--- START ---

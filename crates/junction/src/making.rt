//! Making a junction.
ghost use Rattle.std.specs.Prelude.{◌≡◌, ℕ, ◌*◌, ◌≤◌, List, Some, IfOk};
ghost use Rattle.junction.specs.Making.{unfit_number, check_number, unfit_text, check_answers, room_for, new_junction};
ghost use Rattle.junction.specs.Promise.{Call, SafeMerge, ServedInOrder};

use crate::counts::Counts;
use crate::state::Junction;
use crate::stations::{MOST_STATIONS, Station, Stations};
use crate::wires::lower;
use boards::Board;
use disciplines::{Discipline, FairDiscipline};
use numbers::Numbered;
use std::error::Error;
use std::fmt;
use steps::Size;

/// Why there can be no junction, with its number.
#[derive(Clone, Copy, PartialEq, Eq, Debug)]
pub enum Unfit {
    /// No stations, or more than sixteen.
    Stations = 1,
    /// The board has too few lines.
    Lines = 2,
}

impl Numbered for Unfit {
    ghost numbered = { unfit_number };

    fn number(self) -> u8 {
        self as u8
    }
}

/// The number of what `Junction::check` answers: 0 where there can be a junction.
pub fn check_number(answer: Result<(), Unfit>) -> u8
    ensures { result ≡ check_number answer }
{
    answer.number()
}

impl fmt::Display for Unfit {
    ghost output = { λ unfit. Some (unfit_text unfit) };

    fn fmt<W: fmt::Write>(&self, f: &mut fmt::Formatter<W>) -> fmt::Result {
        f.write_str(match self {
            Unfit::Stations => "no station, or more than 16",
            Unfit::Lines => "too few lines on the board",
        })
    }
}

impl Error for Unfit {}

impl<D: Discipline, B: Board> Junction<D, B> {
    /// Whether there can be a junction of that many stations over the board.
    pub fn check(stations: usize, board: &B) -> Result<(), Unfit>
        ensures { result ≡ check_answers D.table B.meaning stations board.now }
    {
        Self::room(stations, board)?;
        Ok(())
    }

    // The lines of that many stations, where there can be a junction of them over the board.
    fn room(stations: usize, board: &B) -> Result<usize, Unfit>
        ensures finds { result ≡ room_for D.table B.meaning stations board.now }
        ensures few { IfOk result (λ lines. stations ≤ 16) }
    {
        if !(1..=MOST_STATIONS).contains(&stations) {
            return Err(Unfit::Stations);
        }
        let count = board.count();
        let lines = stations.checked_mul(D::lines());
        lines.filter(|x| *x <= count).ok_or(Unfit::Lines)
    }

    /// A junction of that many stations and that name over the board. The lines of its stations are settled low, and others stay.
    /// What `check` refuses makes a junction of no stations, and leaves the board as it was.
    pub fn make(discipline: D, stations: usize, name: u32, mut board: B) -> Self
        ensures made { result ≡ new_junction D.table B.meaning discipline stations name board }
        ensures safe { (calls : List Call) → SafeMerge D.table B.meaning result calls }
    {
        let stations = match Self::room(stations, &board) {
            Ok(lines) => {
                lower(&mut board, lines);
                stations
            }
            Err(_) => 0,
        };
        Junction {
            discipline,
            size: Size { stations },
            name,
            stations: Stations {
                at: [Station::new(); MOST_STATIONS],
            },
            counts: Counts::new(),
            board,
        }
    }
}

impl<D: FairDiscipline, B: Board> Junction<D, B> {
    /// A junction of a fair discipline: made as by `make`, and first come, first served.
    pub fn make_fair(discipline: D, stations: usize, name: u32, board: B) -> Self
        ensures made { result ≡ new_junction D.table B.meaning discipline stations name board }
        ensures safe { (calls : List Call) → SafeMerge D.table B.meaning result calls }
        ensures order { (calls : List Call) → ServedInOrder D.table B.meaning result calls }
    {
        Self::make(discipline, stations, name, board)
    }
}
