//! Passes.
ghost use Rattle.std.specs.Prelude.{◌≡◌, Bool};
ghost use Rattle.junction.specs.Stations.{is_since};

use crate::stations::Station;
use steps::MERGING;

/// Leave to use the merge (a token). It can be neither dropped nor copied: it ends by being handed in, with `leave` or `void`.
pub struct Pass {
    /// The name of the junction.
    pub(crate) name: u32,
    pub(crate) station: usize,
    /// How often the station had arrived on the merge.
    pub(crate) arrival: u64,
}

impl Pass {
    // Whether its station, which is this, stands on the merge since that arrival.
    pub(crate) fn is_current(&self, station: Station) -> bool
        ensures { result ≡ is_since self.now.arrival station }
    {
        station.rec.place == MERGING && self.arrival == station.arrivals
    }

    // A pass that was handed in ends. Only a pattern that names every field ends a token; one with `..` does not.
    pub(crate) fn end(self) {
        let Pass {
            name: _,
            station: _,
            arrival: _,
        } = self;
    }
}
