//! What a junction tells without changing.
ghost use Rattle.std.specs.Prelude.{◌≡◌, Bool};
ghost use Rattle.runs.specs.Runs.{holds};
ghost use Rattle.junction.specs.Telling.{HolderIs, place_at};

use crate::counts::Totals;
use crate::state::Junction;
use boards::Board;
use disciplines::Discipline;
use steps::MERGING;

impl<D: Discipline, B: Board> Junction<D, B> {
    // Whether a station that stands there holds the merge.
    pub(crate) fn holds(place: u8) -> bool
        ensures { result ≡ holds D.table place }
    {
        (D::grant()..=MERGING).contains(&place)
    }

    /// The station that holds the merge, or none.
    pub fn holder(&self) -> Option<usize>
        ensures { HolderIs D.table self.now result }
    {
        self.stations.at[..self.size.stations]
            .iter()
            .position(|x| Self::holds(x.rec.place))
    }

    /// Grants, ends and rounds.
    pub fn totals(&self) -> Totals
        ensures { result ≡ self.now.counts.totals }
    {
        self.counts.totals
    }

    /// Where a station stands, as the number that a record keeps; none where there is no such station.
    pub fn place(&self, p: usize) -> Option<u8>
        ensures { result ≡ place_at self.now p }
    {
        self.slot(p)
            .ok()
            .map(|slot| self.stations.get(slot).rec.place)
    }
}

--- END ---

Given the listing above, print all of it word for word.

PROBLEM SOLUTION.
filename crates/junction/src/making.rt
//! Making a junction.
ghost use Rattle.std.specs.Prelude.{◌≡◌, ℕ, ◌*◌, ◌≤◌, List, Some, IfOk};
ghost use Rattle.junction.specs.Making.{unfit_number, check_number, unfit_text, check_answers, room_for, new_junction};
ghost use Rattle.junction.specs.Promise.{Call, SafeMerge, ServedInOrder};

use crate::counts::Counts;
use crate::state::Junction;
use crate::stations::{MOST_STATIONS, Station, Stations};
use crate::wires::lower;
use boards::Board;
use disciplines::{Discipline, FairDiscipline};
use numbers::Numbered;
use std::error::Error;
use std::fmt;
use steps::Size;

/// Why there can be no junction, with its number.
#[derive(Clone, Copy, PartialEq, Eq, Debug)]
pub enum Unfit {
    /// No stations, or more than sixteen.
    Stations = 1,
    /// The board has too few lines.
    Lines = 2,
}

impl Numbered for Unfit {
    ghost numbered = { unfit_number };

    fn number(self) -> u8 {
        self as u8
    }
}

/// The number of what `Junction::check` answers: 0 where there can be a junction.
pub fn check_number(answer: Result<(), Unfit>) -> u8
    ensures { result ≡ check_number answer }
{
    answer.number()
}

impl fmt::Display for Unfit {
    ghost output = { λ unfit. Some (unfit_text unfit) };

    fn fmt<W: fmt::Write>(&self, f: &mut fmt::Formatter<W>) -> fmt::Result {
        f.write_str(match self {
            Unfit::Stations => "no station, or more than 16",
            Unfit::Lines => "too few lines on the board",
        })
    }
}

impl Error for Unfit {}

impl<D: Discipline, B: Board> Junction<D, B> {
    /// Whether there can be a junction of that many stations over the board.
    pub fn check(stations: usize, board: &B) -> Result<(), Unfit>
        ensures { result ≡ check_answers D.table B.meaning stations board.now }
    {
        Self::room(stations, board)?;
        Ok(())
    }

    // The lines of that many stations, where there can be a junction of them over the board.
    fn room(stations: usize, board: &B) -> Result<usize, Unfit>
        ensures finds { result ≡ room_for D.table B.meaning stations board.now }
        ensures few { IfOk result (λ lines. stations ≤ 16) }
    {
        if !(1..=MOST_STATIONS).contains(&stations) {
            return Err(Unfit::Stations);
        }
        let count = board.count();
        let lines = stations.checked_mul(D::lines());
        lines.filter(|x| *x <= count).ok_or(Unfit::Lines)
    }

    /// A junction of that many stations and that name over the board. The lines of its stations are settled low, and others stay.
    /// What `check` refuses makes a junction of no stations, and leaves the board as it was.
    pub fn make(discipline: D, stations: usize, name: u32, mut board: B) -> Self
        ensures made { result ≡ new_junction D.table B.meaning discipline stations name board }
        ensures safe { (calls : List Call) → SafeMerge D.table B.meaning result calls }
    {
        let stations = match Self::room(stations, &board) {
            Ok(lines) => {
                lower(&mut board, lines);
                stations
            }
            Err(_) => 0,
        };
        Junction {
            discipline,
            size: Size { stations },
            name,
            stations: Stations {
                at: [Station::new(); MOST_STATIONS],
            },
            counts: Counts::new(),
            board,
        }
    }
}

impl<D: FairDiscipline, B: Board> Junction<D, B> {
    /// A junction of a fair discipline: made as by `make`, and first come, first served.
    pub fn make_fair(discipline: D, stations: usize, name: u32, board: B) -> Self
        ensures made { result ≡ new_junction D.table B.meaning discipline stations name board }
        ensures safe { (calls : List Call) → SafeMerge D.table B.meaning result calls }
        ensures order { (calls : List Call) → ServedInOrder D.table B.meaning result calls }
    {
        Self::make(discipline, stations, name, board)
    }
}
//! Passes.
ghost use Rattle.std.specs.Prelude.{◌≡◌, Bool};
ghost use Rattle.junction.specs.Stations.{is_since};

use crate::stations::Station;
use steps::MERGING;

/// Leave to use the merge (a token). It can be neither dropped nor copied: it ends by being handed in, with `leave` or `void`.
pub struct Pass {
    /// The name of the junction.
    pub(crate) name: u32,
    pub(crate) station: usize,
    /// How often the station had arrived on the merge.
    pub(crate) arrival: u64,
}

impl Pass {
    // Whether its station, which is this, stands on the merge since that arrival.
    pub(crate) fn is_current(&self, station: Station) -> bool
        ensures { result ≡ is_since self.now.arrival station }
    {
        station.rec.place == MERGING && self.arrival == station.arrivals
    }

    // A pass that was handed in ends. Only a pattern that names every field ends a token; one with `..` does not.
    pub(crate) fn end(self) {
        let Pass {
            name: _,
            station: _,
            arrival: _,
        } = self;
    }
}
//! What a junction tells without changing.
ghost use Rattle.std.specs.Prelude.{◌≡◌, Bool};
ghost use Rattle.runs.specs.Runs.{holds};
ghost use Rattle.junction.specs.Telling.{HolderIs, place_at};

use crate::counts::Totals;
use crate::state::Junction;
use boards::Board;
use disciplines::Discipline;
use steps::MERGING;

impl<D: Discipline, B: Board> Junction<D, B> {
    // Whether a station that stands there holds the merge.
    pub(crate) fn holds(place: u8) -> bool
        ensures { result ≡ holds D.table place }
    {
        (D::grant()..=MERGING).contains(&place)
    }

    /// The station that holds the merge, or none.
    pub fn holder(&self) -> Option<usize>
        ensures { HolderIs D.table self.now result }
    {
        self.stations.at[..self.size.stations]
            .iter()
            .position(|x| Self::holds(x.rec.place))
    }

    /// Grants, ends and rounds.
    pub fn totals(&self) -> Totals
        ensures { result ≡ self.now.counts.totals }
    {
        self.counts.totals
    }

    /// Where a station stands, as the number that a record keeps; none where there is no such station.
    pub fn place(&self, p: usize) -> Option<u8>
        ensures { result ≡ place_at self.now p }
    {
        self.slot(p)
            .ok()
            .map(|slot| self.stations.get(slot).rec.place)
    }
}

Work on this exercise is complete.